BRIEF — Find all the lines in the material below with the word "members", and copy them.

PROVIDED RECORDS —
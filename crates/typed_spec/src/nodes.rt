// Nodes of literals, names, members and lists.
ghost use Rattle.std.specs.List.{AllByRecursion};
ghost use Rattle.std.specs.Prelude.{◌≡◌, ◌<◌, ◌≤◌, ℕ, List, [], ◌∷◌, length, map, IfOk};
ghost use Rattle.spec_text.specs.declared.surface.Expr.TheOpen.{Expr-F};
ghost use Rattle.type_check.specs.Judged.{Scope as Names};
ghost use Rattle.type_check.specs.Standing.{IsDistinct, AllMeanOption};
ghost use Rattle.typed_spec.specs.declared.arena.Arena.{Arena as ArenaValue};
ghost use Rattle.typed_text.specs.ReadSpec.{Numbers as Order, Read, first_scalar, read_step};
ghost use Rattle.typed_spec.specs.Made.{Makes, operands, type_in};
ghost use Rattle.typed_spec.specs.Texts.{StandsFor};

use crate::arena::{Arena, Operand};
use crate::members::{member_number, member_type, struct_of};
use crate::text::Text;
use crate::types::{agreement, declared, dropped, items_type, majority_of, record_type, scalar_of};
use sm_io::Seq;
use spec_text::NameAt;
use std::alloc::{AllocError, Global};
use stream_core::{Node, NodeId};
use stream_types::Scalar;
use type_check::known::{BOOL, Element, Known};

/// Expressions one after another: their nodes, and their types if they have some.
#[derive(Drop)]
pub struct Operands {
    pub ids: Vec<NodeId>,
    pub types: Vec<Option<Known>>,
}

pub fn literal(arena: &mut Arena, scalar: Scalar, word: u64) -> Result<Operand, AllocError>
    ensures within { IfOk result (λ o. o.id < length arena.new.spec.nodes) }
    ensures size { length arena.old.spec.nodes ≤ length arena.new.spec.nodes }
    ensures others { arena.new.spec ≡ record arena.old.spec { nodes = arena.new.spec.nodes } }
    ensures forms { length arena.old.forms.items ≤ length arena.new.forms.items }
    ensures made { (names : List (List ℕ)) (s : Names) (n : Order) (at : ℕ)
        → IfOk result (λ o. Makes names arena.old arena.new (o ∷ []) (read_step n s (Expr-F.Lit at scalar word) ∷ [])) }
{
    let id = arena.put(Node::Lit(scalar, word))?;
    let ty = Some(Known::Element(Element::Scalar(scalar)));
    Ok(Operand { id, ty })
}

pub fn name(text: &Text, arena: &mut Arena, x: &NameAt) -> Result<Operand, AllocError>
    ensures within { IfOk result (λ o. o.id < length arena.new.spec.nodes) }
    ensures size { length arena.old.spec.nodes ≤ length arena.new.spec.nodes }
    ensures others { arena.new.spec ≡ record arena.old.spec { nodes = arena.new.spec.nodes } }
    ensures forms { length arena.old.forms.items ≤ length arena.new.forms.items }
    ensures made { (names : List (List ℕ)) (s : Names) (n : Order) → StandsFor names s n text.now
        → IfOk result (λ o. Makes names arena.old arena.new (o ∷ []) (read_step n s (Expr-F.Name x.now) ∷ [])) }
{
    let ty = declared(&text.scope, x);
    let id = arena.put(text.named(&x.name))?;
    Ok(Operand { id, ty })
}

pub fn earlier(
    text: &Text,
    arena: &mut Arena,
    at: u64,
    k: u32,
    x: &NameAt,
) -> Result<Operand, AllocError>
    ensures within { IfOk result (λ o. o.id < length arena.new.spec.nodes) }
    ensures size { length arena.old.spec.nodes ≤ length arena.new.spec.nodes }
    ensures others { arena.new.spec ≡ record arena.old.spec { nodes = arena.new.spec.nodes } }
    ensures forms { length arena.old.forms.items ≤ length arena.new.forms.items }
    ensures made { (names : List (List ℕ)) (s : Names) (n : Order) → StandsFor names s n text.now
        → IfOk result (λ o. Makes names arena.old arena.new (o ∷ []) (read_step n s (Expr-F.Drop at k x.now) ∷ [])) }
{
    let ty = dropped(&text.scope, at, k, x);
    let stream = text.streams.number(&x.name);
    let id = arena.put(Node::Drop { stream, k })?;
    Ok(Operand { id, ty })
}

pub fn member(text: &Text, arena: &mut Arena, a: Operand, x: &NameAt) -> Result<Operand, AllocError>
    requires a { a.id < length arena.old.spec.nodes }
    ensures within { IfOk result (λ o. o.id < length arena.new.spec.nodes) }
    ensures size { length arena.old.spec.nodes ≤ length arena.new.spec.nodes }
    ensures others { arena.new.spec ≡ record arena.old.spec { nodes = arena.new.spec.nodes } }
    ensures forms { length arena.old.forms.items ≤ length arena.new.forms.items }
    ensures made { (names : List (List ℕ)) (s : Names) (n : Order) (at : ℕ) (start : ArenaValue) (p : Read) → StandsFor names s n text.now
        → Makes names start arena.old (a ∷ []) (p ∷ [])
        → IfOk result (λ o. Makes names start arena.new (o ∷ []) (read_step n s (Expr-F.Field at p x.now) ∷ [])) }
{
    let found = struct_of(text, a.ty);
    let ty = member_type(found, &x.name);
    let node = Node::Field {
        of: text.ty(a.ty),
        member: member_number(found, &x.name),
        a: a.id,
    };
    let id = arena.put(node)?;
    Ok(Operand { id, ty })
}

pub fn array(
    text: &Text,
    arena: &mut Arena,
    at: u64,
    items: Operands,
) -> Result<Operand, AllocError>
    requires there { AllByRecursion (λ j. j < length arena.old.spec.nodes) items.ids.items }
    requires paired { length items.types.items ≡ length items.ids.items }
    ensures within { IfOk result (λ o. o.id < length arena.new.spec.nodes) }
    ensures size { length arena.old.spec.nodes ≤ length arena.new.spec.nodes }
    ensures others { arena.new.spec ≡ record arena.old.spec { nodes = arena.new.spec.nodes } }
    ensures forms { length arena.old.forms.items ≤ length arena.new.forms.items }
    ensures made { (names : List (List ℕ)) (s : Names) (n : Order) (start : ArenaValue) (ps : List Read) → StandsFor names s n text.now
        → Makes names start arena.old (operands items) ps
        → IfOk result (λ o. Makes names start arena.new (o ∷ []) (read_step n s (Expr-F.Array at ps) ∷ [])) }
{
    let ty = items_type(&text.scope, at, items.types.as_slice())?;
    let id = arena.put(Node::Array(text.ty(ty), Seq::of(items.ids)))?;
    Ok(Operand { id, ty })
}

pub fn record(
    text: &Text,
    arena: &mut Arena,
    at: u64,
    name: &NameAt,
    items: Operands,
) -> Result<Operand, AllocError>
    requires there { AllByRecursion (λ j. j < length arena.old.spec.nodes) items.ids.items }
    requires paired { length items.types.items ≡ length items.ids.items }
    ensures within { IfOk result (λ o. o.id < length arena.new.spec.nodes) }
    ensures size { length arena.old.spec.nodes ≤ length arena.new.spec.nodes }
    ensures others { arena.new.spec ≡ record arena.old.spec { nodes = arena.new.spec.nodes } }
    ensures forms { length arena.old.forms.items ≤ length arena.new.forms.items }
    ensures made { (names : List (List ℕ)) (s : Names) (n : Order) (start : ArenaValue) (ps : List Read) → StandsFor names s n text.now
        → Makes names start arena.old (operands items) ps
        → IfOk result (λ o. Makes names start arena.new (o ∷ []) (read_step n s (Expr-F.Record at name.now ps) ∷ [])) }
{
    let ty = record_type(&text.scope, at, name, items.types.as_slice())?;
    let id = arena.put(Node::Record(text.ty(ty), Seq::of(items.ids)))?;
    Ok(Operand { id, ty })
}

// The scalar of the first of some votes, and Bool where there are none.
fn first_scalar(types: &[Option<Known>]) -> Scalar
    ensures { (names : List (List ℕ)) (ps : List Read) → AllMeanOption names types.now (map type_in ps) → result ≡ first_scalar ps }
{
    match types.first() {
        Some(ty) => scalar_of(*ty),
        None => Scalar::Bool,
    }
}

pub fn majority(
    alloc: Global,
    arena: &mut Arena,
    at: u64,
    items: Operands,
) -> Result<Operand, AllocError>
    requires there { AllByRecursion (λ j. j < length arena.old.spec.nodes) items.ids.items }
    requires paired { length items.types.items ≡ length items.ids.items }
    ensures within { IfOk result (λ o. o.id < length arena.new.spec.nodes) }
    ensures size { length arena.old.spec.nodes ≤ length arena.new.spec.nodes }
    ensures others { arena.new.spec ≡ record arena.old.spec { nodes = arena.new.spec.nodes } }
    ensures forms { length arena.old.forms.items ≤ length arena.new.forms.items }
    ensures made { (names : List (List ℕ)) (s : Names) (n : Order) (start : ArenaValue) (ps : List Read) → IsDistinct names
        → Makes names start arena.old (operands items) ps
        → IfOk result (λ o. Makes names start arena.new (o ∷ []) (read_step n s (Expr-F.Majority at ps) ∷ [])) }
{
    let ty = majority_of(alloc, at, items.types.as_slice())?;
    let scalar = first_scalar(items.types.as_slice());
    let id = arena.put(Node::Majority(scalar, Seq::of(items.ids)))?;
    Ok(Operand { id, ty })
}

pub fn agreed(
    alloc: Global,
    arena: &mut Arena,
    at: u64,
    items: Operands,
) -> Result<Operand, AllocError>
    requires there { AllByRecursion (λ j. j < length arena.old.spec.nodes) items.ids.items }
    requires paired { length items.types.items ≡ length items.ids.items }
    ensures within { IfOk result (λ o. o.id < length arena.new.spec.nodes) }
    ensures size { length arena.old.spec.nodes ≤ length arena.new.spec.nodes }
    ensures others { arena.new.spec ≡ record arena.old.spec { nodes = arena.new.spec.nodes } }
    ensures forms { length arena.old.forms.items ≤ length arena.new.forms.items }
    ensures made { (names : List (List ℕ)) (s : Names) (n : Order) (start : ArenaValue) (ps : List Read) → IsDistinct names
        → Makes names start arena.old (operands items) ps
        → IfOk result (λ o. Makes names start arena.new (o ∷ []) (read_step n s (Expr-F.Agreed at ps) ∷ [])) }
{
    let ty = agreement(alloc, at, items.types.as_slice())?;
    let scalar = first_scalar(items.types.as_slice());
    let id = arena.put(Node::Agreed(scalar, Seq::of(items.ids)))?;
    Ok(Operand { id, ty })
}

EXERCISE SOLUTION —
// Nodes of literals, names, members and lists.
use crate::members::{member_number, member_type, struct_of};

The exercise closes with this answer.